RcppExport SEXP rthma(SEXP x, SEXP w, SEXP nthreads)
{
   Rcpp::NumericVector xa(x);
   int wa = INTEGER(w)[0];
   #if RTH_OMP
   omp_set_num_threads(INT(nthreads));
   #elif RTH_TBB
   tbb::task_scheduler_init init(INT(nthreads));
   #endif
   thrust::device_vector<double> dx(xa.begin(), xa.end());
   int xas = xa.size();
   if (xas < wa) return 0;
   thrust::device_vector<double> csums(xa.size() + 1);
   thrust::exclusive_scan(dx.begin(), dx.end(), csums.begin());
   csums[xas] = xa[xas-1] + csums[xas-1];
   Rcpp::NumericVector xb(xas - wa + 1);

   // changed code
   thrust::transform(csums.begin() + wa, csums.end(), 
      csums.begin(), xb.begin(), 
      // lambda function
      [=] (double& a, double& b) {  return( (a-b)/wa);  });
  
   return xb;
}
\end{lstlisting}

Just what is going on in the line

\begin{lstlisting}
[=] (double& a, double& b) {  return( (a-b)/wa);  });
\end{lstlisting}

We are creating a function object here, as we did in the earlier version
with an {\bf operator()} notation within a {\bf struct}.  But here we
are doing so right on the spot, in one of the arguments to {\bf
thrust::transform()}.  It's similar to the concept of {\it anonymous}
functions in R.  Here are the details:

\begin{itemize}

\item The brackets in [=] tells the compiler that a function object is
about to begin.  (The = sign will be explained shortly.)

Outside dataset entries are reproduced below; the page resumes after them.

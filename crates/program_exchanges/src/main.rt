// A walk through checksums and frames, sent and received, as a table with a line for each step. `program_walkthrough` has the rest of the chip.

#![tactic(auto)]

use program_blank_chip::{blank_chip, blank_image};
use program_steps::{steps, table};
use state::Chip;

// A start from an image of zeros behind the product type, and the settings that the frames go by, as the MFRC531 is shipped: the preset 6363h, WaterLevel 8, and a timer
// that a frame sent starts and a frame received stops.
fn started(rt: &impl Print) -> Chip {
    let image = blank_image();
    let mut c = steps::start(
        rt,
        blank_chip(),
        &image,
        b"start from a blank image; KeyErr, as no key is loaded",
    );
    c = steps::set(c, 0x23, 0x63);
    c = steps::set(c, 0x24, 0x63);
    c = steps::set(c, 0x29, 0x08);
    c = steps::set(c, 0x2A, 0x07);
    c = steps::set(c, 0x2B, 0x06);
    steps::set(c, 0x2C, 0x0A)
}

// Checksums with preset 6363h, and with preset FFFFh and CRC3309.
fn checksums(rt: &impl Print, chip: Chip) -> Chip {
    let mut c = steps::command(rt, chip, 0x12, b"", b"CalcCRC: the preset 6363h");
    c = steps::feed(rt, c, b"\x12\x34", b"12h 34h into FIFOData: 26h CFh, TxIRq");
    c = steps::command(rt, c, 0x00, b"", b"Idle: the result stays");
    c = steps::set(c, 0x22, 0x23);
    c = steps::set(c, 0x23, 0xFF);
    c = steps::set(c, 0x24, 0xFF);
    c = steps::command(
        rt,
        c,
        0x12,
        b"\x00\x00\x00",
        b"CalcCRC of 00h 00h 00h, preset FFFFh, CRC3309: CCh C6h",
    );
    c = steps::set(c, 0x23, 0x63);
    c = steps::set(c, 0x24, 0x63);
    steps::write(
        rt,
        c,
        0x22,
        0x0F,
        b"ChannelRedundancy 0Fh: odd parity, TxCRCEn, RxCRCEn; preset 6363h",
    )
}

// Transmit. The shipped profile has TStartTxEnd, so a take starts the timer: TimerReload 0Ah, a step each 128 clocks.
fn transmit(rt: &impl Print, chip: Chip) -> Chip {
    let mut c = steps::take(rt, chip, b"take while CalcCRC is active: refused");
    c = steps::command(rt, c, 0x1A, b"", b"Transmit");
    c = steps::take(rt, c, b"take while no byte is held: refused");
    c = steps::feed(rt, c, b"\x12\x34", b"12h 34h into FIFOData");
    c = steps::take_short(rt, c, b"take into 65 bytes: refused");
    c = steps::take(
        rt,
        c,
        b"take into 66 bytes: CRC added, TxIRq, Idle; the timer runs",
    );
    steps::clocks(rt, c, 128, b"128 clocks: a timer step")
}

// Frames that are malformed, for a chip that receives.
fn malformed_frames(rt: &impl Print, chip: Chip) -> Chip {
    let long = [0x01u8; 65];
    let mut c = steps::deliver(rt, chip, b"", b"", 0, b"deliver no byte: refused");
    c = steps::deliver(rt, c, &long, &long, 0, b"deliver 65 bytes: refused");
    c = steps::deliver(
        rt,
        c,
        b"\x12\x34",
        b"\x01",
        0,
        b"deliver two bytes with one parity value: refused",
    );
    c = steps::deliver(
        rt,
        c,
        b"\x12",
        b"\x02",
        0,
        b"deliver with parity value 2: refused",
    );
    steps::deliver(
        rt,
        c,
        b"\x12",
        b"\x01",
        8,
        b"deliver with 8 last bits: refused",
    )
}

// Transceive. The shipped profile has TStopRxBegin, so a delivery stops the timer.
fn transceive(rt: &impl Print, chip: Chip) -> Chip {
    let mut c = steps::write(rt, chip, 0x0F, 0x07, b"BitFraming 07h: 7 last bits");
    c = steps::command(rt, c, 0x1E, b"\x26", b"Transceive of 26h");
    c = steps::deliver(
        rt,
        c,
        b"\x01",
        b"\x00",
        0,
        b"deliver before the take: refused",
    );
    c = steps::take(
        rt,
        c,
        b"take: last bits, so no CRC; TxIRq, receiving; the timer restarts",
    );
    c = steps::clocks(rt, c, 300, b"300 clocks: two timer steps");
    c = malformed_frames(rt, c);
    c = steps::deliver(
        rt,
        c,
        b"\x12\x34\x26\xCF",
        b"\x01\x00\x00\x01",
        0,
        b"deliver 12h 34h 26h CFh: CRC dropped, RxIRq, Idle; the timer stops",
    );
    c = steps::read(rt, c, 0x02, b"read FIFOData: 12h");
    steps::read(rt, c, 0x02, b"read FIFOData: 34h")
}

// Receive of frames with errors.
fn receive(rt: &impl Print, chip: Chip) -> Chip {
    let mut c = steps::command(rt, chip, 0x16, b"", b"Receive");
    c = steps::deliver(
        rt,
        c,
        b"\x12\x34\x26\xCE",
        b"\x01\x00\x00\x00",
        0,
        b"deliver 12h 34h 26h CEh: CRCErr, CRC dropped",
    );
    c = steps::command(rt, c, 0x16, b"", b"Receive: CRCErr cleared");
    c = steps::deliver(
        rt,
        c,
        b"\x12\x34\x26\xCF",
        b"\x01\x01\x00\x01",
        0,
        b"deliver 12h 34h 26h CFh, 34h with parity 1: ParityErr",
    );
    c = steps::command(rt, c, 0x16, b"", b"Receive: ParityErr cleared");
    c = steps::deliver(
        rt,
        c,
        b"\x12\x05",
        b"\x01\x00",
        3,
        b"deliver 12h and 3 last bits: CRCErr, the frame passes whole",
    );
    c = steps::deliver(rt, c, b"\x12", b"\x01", 0, b"deliver while Idle: refused");
    c = steps::write(rt, c, 0x09, 0x01, b"Control, FlushFIFO");
    steps::command(rt, c, 0x00, b"", b"Idle: CRCErr cleared")
}

fn main(rt: HostRuntime) {
    table::heading(&rt);
    let mut chip = started(&rt);
    chip = checksums(&rt, chip);
    chip = transmit(&rt, chip);
    chip = transceive(&rt, chip);
    receive(&rt, chip);
}
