/// A rule method with its facts, and the tokens behind it.
#[tactic(auto, using(iv_facts::proofs::Steps::stopped, iv_facts::proofs::Steps::went_on), unfolding(crate::specs::Methods::rule, iv_facts::specs::Found::then_))]
fn rule(alloc: Global, tokens: &[Lexeme]) -> Result<(Levelled<MethodText>, &[Lexeme]), Stop>
    ensures ok { IfOk result (λ r. rule tokens.now ≡ got r.0 r.1.now) }
    ensures err { IfErr result (λ e. IsStop e (rule tokens.now)) }
{
    let (word, rest) = one(tokens, Sort::Only(Class::Rule))?;
    let word = word.token.copy()?;
    let (facts, rest) = noted_facts(alloc, rest)?;
    let rule = Levelled {
        value: MethodText::Rule(word, facts.value),
        levels: facts.levels,
        deep: facts.deep,
    };
    Ok((rule, rest))
}

/// `m?`, where so many levels are left; the tokens are those behind it.
fn tried(
    alloc: Global,
    left: u32,
    method: Levelled<MethodText>,
    tokens: &[Lexeme],
) -> Result<(Levelled<MethodText>, &[Lexeme]), Stop>
    ensures ok { IfOk result (λ r. raised left (mapped VMethod.Try method) tokens.now ≡ got r.0 r.1.now) }
    ensures err { IfErr result (λ e. IsStop e (raised left (mapped VMethod.Try method) tokens.now)) }
{
    let tried = Levelled {
        value: MethodText::Try(Shared::new(alloc, method.value)?),
        levels: method.levels,
        deep: method.deep,
    };
    raised(tried, left, tokens)
}

/// `m+`, where so many levels are left; the tokens are those behind it.
fn repeated(
    alloc: Global,
    left: u32,
    method: Levelled<MethodText>,
    tokens: &[Lexeme],
) -> Result<(Levelled<MethodText>, &[Lexeme]), Stop>
    ensures ok { IfOk result (λ r. raised left (mapped VMethod.Repeat method) tokens.now ≡ got r.0 r.1.now) }
    ensures err { IfErr result (λ e. IsStop e (raised left (mapped VMethod.Repeat method) tokens.now)) }
{
    let repeated = Levelled {
        value: MethodText::Repeat(Shared::new(alloc, method.value)?),
        levels: method.levels,
        deep: method.deep,
    };
    raised(repeated, left, tokens)
}
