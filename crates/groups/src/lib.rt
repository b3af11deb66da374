// The label groups that travel with a path.
#![tactic(auto)]

pub mod table;
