// The label groups that travel with a path: eight range words, checked, and read once into a value.
ghost use Rattle.std.specs.Prelude.{◌≡◌};
ghost use Rattle.files.specs.Word.{words, bytes_of};
ghost use Rattle.files.specs.Refusal.{number};
ghost use Rattle.files.specs.Groups.{groups_check, our_groups};

use files::expr::is_range;
use files::limits::GROUP_COUNT;
use files::refusal::{Refusal, ensure};
use files::word::{Words, put_word, word_at};

const BYTES: usize = 4 * GROUP_COUNT;

// 16: not just eight words, or one of them is no range.
pub fn check_groups(groups: &[u8]) -> Result<(), Refusal>
    ensures { number result ≡ groups_check groups.now }
{
    ensure(groups.len() == BYTES, Refusal::WrongGroups)?;
    for w in Words::of(groups) {
        ensure(is_range(w), Refusal::WrongGroups)?;
    }
    Ok(())
}

// The words of accepted groups.
pub fn read_groups(groups: &[u8]) -> [u32; GROUP_COUNT]
    requires { groups_check groups.now ≡ 0 }
    ensures { result ≡ words groups.now }
{
    [
        word_at(groups, 0),
        word_at(groups, 1),
        word_at(groups, 2),
        word_at(groups, 3),
        word_at(groups, 4),
        word_at(groups, 5),
        word_at(groups, 6),
        word_at(groups, 7),
    ]
}

// Our own, for the calls without groups, as a host would hand them in.
pub fn our_groups() -> [u8; BYTES]
    ensures { result ≡ bytes_of our_groups }
{
    let mut groups = [0; BYTES];
    put_word(&mut groups, 0, 0x50ff_f000);
    put_word(&mut groups, 1, 0x503f_f000);
    put_word(&mut groups, 2, 0x500f_f000);
    put_word(&mut groups, 3, 0x505f_f400);
    put_word(&mut groups, 4, 0x506f_f600);
    put_word(&mut groups, 5, 0x507f_f700);
    put_word(&mut groups, 6, 0x50bf_f800);
    put_word(&mut groups, 7, 0x50ff_ffc0);
    groups
}
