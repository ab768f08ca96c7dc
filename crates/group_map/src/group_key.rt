//! A key as the map looks it up.

ghost use Rattle.std.specs.Prelude.{◌≡◌, ◌≤◌, ◌++◌, [], drop, length, nat_eq, IfOk, OnOk, OnErr};
ghost use Rattle.std.specs.Cmp.{partial_equiv_from_equiv};
ghost use Rattle.std.specs.Cmp.Lexicographic.{bytes_decides, nat_list_eq_equiv, pointwise};
ghost use Rattle.std.proofs.Common.{ap};
ghost use Rattle.std.specs.Hash as fed;
ghost use Rattle.aggregate.specs.Fronts.{front_of};
ghost use Rattle.group_map.specs.Keys.{next_input, rest_input};

use aggregate::front;
use std::alloc::{AllocError, Global};
use std::borrow::CowSlice;
use std::hash::{Hash, Hasher};
use std::marker::Model;

/// A key's bytes. The first 8 are kept as one number, which is hashed and compared at once, and the next 8 as another;
/// those behind them are its own, or lent by who looks a key up. A key that has no more than 16 has no memory of its own.
#[derive(Drop)]
pub struct GroupKey<'a> {
    front: u64,
    next: u64,
    len: usize,
    rest: CowSlice<'a, u8>,
}

impl<'a> Model for GroupKey<'a> {
    ghost use Rattle.std.specs.Cow.{cow_slice_items};
    ghost use Rattle.std.specs.Prelude.{List, ℕ};
    ghost use Rattle.group_map.specs.Keys.{bytes_by, AreParts};

    ghost Value = { List ℕ };

    ghost view = { λ key. bytes_by key.front key.next key.len (cow_slice_items key.rest) };

    ghost invariant = { λ key. AreParts key.front key.next key.len (cow_slice_items key.rest) };
}

impl GroupKey<'static> {
    /// The key with a copy of these bytes.
    pub fn owned(alloc: Global, bytes: &[u8]) -> Result<GroupKey<'static>, AllocError>
        ensures { IfOk result (λ key. key ≡ bytes.now) }
    {
        let tail = behind(bytes);
        let rest = copy_behind(alloc, tail)?;
        Ok(GroupKey {
            front: front(bytes),
            next: next(tail),
            len: bytes.len(),
            rest: CowSlice::Owned(rest),
        })
    }
}

impl<'a> GroupKey<'a> {
    /// The key with these very bytes. It takes no memory.
    pub fn lent(bytes: &'a [u8]) -> GroupKey<'a>
        ensures { result ≡ bytes.now }
    {
        let tail = behind(bytes);
        GroupKey {
            front: front(bytes),
            next: next(tail),
            len: bytes.len(),
            rest: CowSlice::Borrowed(behind(tail)),
        }
    }

    /// Puts its bytes behind others.
    pub fn put(&self, into: &mut Vec<u8>) -> Result<(), AllocError>
        ensures { OnOk result (into.new.items ≡ into.old.items ++ self.now) }
    {
        let first = self.front.to_be_bytes();
        into.extend_from_slice(&first[..self.len.min(8)])?;
        let second = self.next.to_be_bytes();
        into.extend_from_slice(&second[..self.len.saturating_sub(8).min(8)])?;
        if self.len <= 16 {
            return Ok(());
        }
        into.extend_from_slice(self.rest.as_slice())
    }
}

/// The number that the next 8 bytes are: that of a key which has no more than 8 is 0, and isn't worked out.
fn next(tail: &[u8]) -> u64
    ensures { result ≡ front_of tail.now }
{
    if tail.is_empty() { 0 } else { front(tail) }
}

/// A copy of the bytes behind the first 8, which asks for no memory where there are none.
fn copy_behind(alloc: Global, bytes: &[u8]) -> Result<Vec<u8>, AllocError>
    ensures { IfOk result (λ copy. copy.items ≡ drop 8 bytes.now) }
{
    let mut copy = Vec::new(alloc);
    if bytes.len() > 8 {
        copy.extend_from_slice(behind(bytes))?;
    }
    Ok(copy)
}

/// The bytes behind the first 8.
fn behind(bytes: &[u8]) -> &[u8]
    ensures { result.now ≡ drop 8 bytes.now }
{
    &bytes[bytes.len().min(8)..]
}

impl<'a> PartialEq for GroupKey<'a> {
    ghost eq = { pointwise nat_eq };

    ghost laws = { partial_equiv_from_equiv nat_list_eq_equiv };

    fn eq(&self, other: &GroupKey<'a>) -> bool {
        self.front == other.front
            && self.len == other.len
            && self.next == other.next
            && (self.len <= 16 || self.rest.as_slice() == other.rest.as_slice())
    }
}

impl<'a> Eq for GroupKey<'a> {
    ghost laws = { nat_list_eq_equiv };
}

impl<'a> Hash for GroupKey<'a> {
    ghost hash_input = { λ key. rest_input (drop 8 (drop 8 key)) ++ next_input (drop 8 key) ++ fed.u64 (front_of key) };

    ghost respects_eq = { λ x y same.
        ap (λ key. rest_input (drop 8 (drop 8 key)) ++ next_input (drop 8 key) ++ fed.u64 (front_of key)) ((bytes_decides x y).0 same) };

    // The front comes last: of four bytes alone std's hasher makes numbers whose low bits are often the same.
    fn hash<H: Hasher>(&self, state: &mut H) {
        let rest = self.rest.as_slice();
        if !rest.is_empty() {
            state.write(rest);
        }
        if self.len > 8 {
            state.write_u64(self.next);
        }
        state.write_u64(self.front);
    }
}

\item The variable {\bf wa} that was local to the function {\bf rthma()}
is considered ``global'' to our lambda function, thus accessible to it
{\it without passing} {\bf wa} {\it as an argument to that function).}
(This too is similar to the R case.) We say that {\bf wa} is {\it
captured} by that function.  

The = indicates that we wish to use {\bf wa} {\it by value}, i.e. just
for its value alone, rather than it being a pointer that we wish to
reference.  If it had been the latter (with the capability of changing
the pointed-to location), we'd use \& instead of =.

\item Here {\bf a} and {\bf b} are ordinary arguments.

\end{itemize}

All this is so much clearer and cleaner than using a functor!

By the way, in using {\bf g++} for the compilation, I did need to add
the {\bf -std=c++11} compiler flag to use lambda functions.